The UK full-service restaurant market generates £24.7 billion in revenue in 2025-26, spread across 29,341 businesses employing around 566,000 people (industry research, 2025). Growth this year is modest at 1.7%, but the five-year forecast is stronger: revenue is projected to climb at 3.8% a year to reach £30 billion by 2030-31.
A market that recovered, then hit a wall of costs
Sit-down restaurants clawed back their pandemic losses faster than many expected, with revenue compounding at roughly 6.4% a year over the five years through 2025-26. The problem is what happened to the other side of the profit and loss account. Wages, food and energy all inflated at once, and hospitality vacancies remain about 48% above pre-pandemic levels, forcing operators to pay more for the same rota.
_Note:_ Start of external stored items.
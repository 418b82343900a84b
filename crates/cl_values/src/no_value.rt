//! Why a native gives no value.
use cl_arith::ArithRefusal;

/// Why a native gives no value.
#[derive(Clone, Copy)]
pub enum NoValue {
    /// Arithmetic has no result (A1 to A4).
    Arith(ArithRefusal),
    /// `unwrap-panic` or `unwrap-err-panic` finds nothing (A5).
    Panic,
    /// The native isn't defined at these arguments, or its value is beyond the limits of values.
    Undefined,
}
The result is an industry that sells more than ever yet keeps only 6.3p of profit per pound of revenue — well below the 11.8% average for the wider hospitality sector.
Fragmented, independent and fiercely competitive
The four largest operators — Nando's, Mitchells & Butlers, The Restaurant Group and Whitbread — together hold under 15% of the market. Everyone else, some £21 billion of revenue, belongs to independents and smaller groups. That fragmentation cuts both ways. Barriers to entry are low, so new concepts appear constantly and diners never run out of choice. But it also means no single player sets the rules, and an independent with a sharp offer can out-manoeuvre a national chain in its own postcode.
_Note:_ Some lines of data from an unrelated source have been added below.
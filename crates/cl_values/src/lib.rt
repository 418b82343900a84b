//! Values with their sizes, and their order.
#![tactic(auto)]

mod comparing;
mod contents;
mod depth;
mod examples;
mod fault;
mod inhabitants;
mod keys;
mod laws;
mod leaves;
mod native;
mod no_value;
mod order;
mod prefix;
mod refusal;
mod size;
mod texts;
mod val;
mod value;

pub use comparing::{are_alike, compare, equal};
pub use contents::{content_order, try_content_order};
pub use examples::natives_by_example;
pub use fault::DecodeRefusal;
pub use inhabitants::inhabits;
pub use laws::{
    admission_keeps_values, comparisons_agree, depth_is_greatest, digests_have_lengths,
    items_and_values, no_type_has_none, one_spelling, parts_are_values, read_back,
    reads_only_spellings, sequences_have_entries, size_is_greatest, size_is_length,
    types_keep_limits,
};
pub use native::{Arity, Native};
pub use no_value::NoValue;
pub use prefix::prefix_of;
pub use refusal::ValueRefusal;
pub use size::{characters_size, size_up_to};
pub use texts::is_text_byte;
pub use val::Val;
pub use value::{Kind, Value};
What drives the next five years
Industry forecasts expect growth to 2031 to come from experience-led dining, loyalty and personalisation rather than volume alone. Diners are eating out less often but spending more deliberately when they do, rewarding restaurants that offer tasting menus, events and tailored service. Both solo dining and large-group bookings are rising at the same time, pushing operators towards flexible layouts and menus. Technology adoption — reservations, kitchen systems, data-led scheduling — is expected to separate the restaurants that protect their margin from those that surrender it.
Operator takeaway
The market is growing, but the growth is uneven: it flows to restaurants that control labour cost, capture direct bookings and give guests a reason to spend beyond the plate. Benchmark your own numbers against the industry's 6.3% margin and 37.5% wage ratio — if you are beating both, you are already in the top tier of a £24.7 billion market.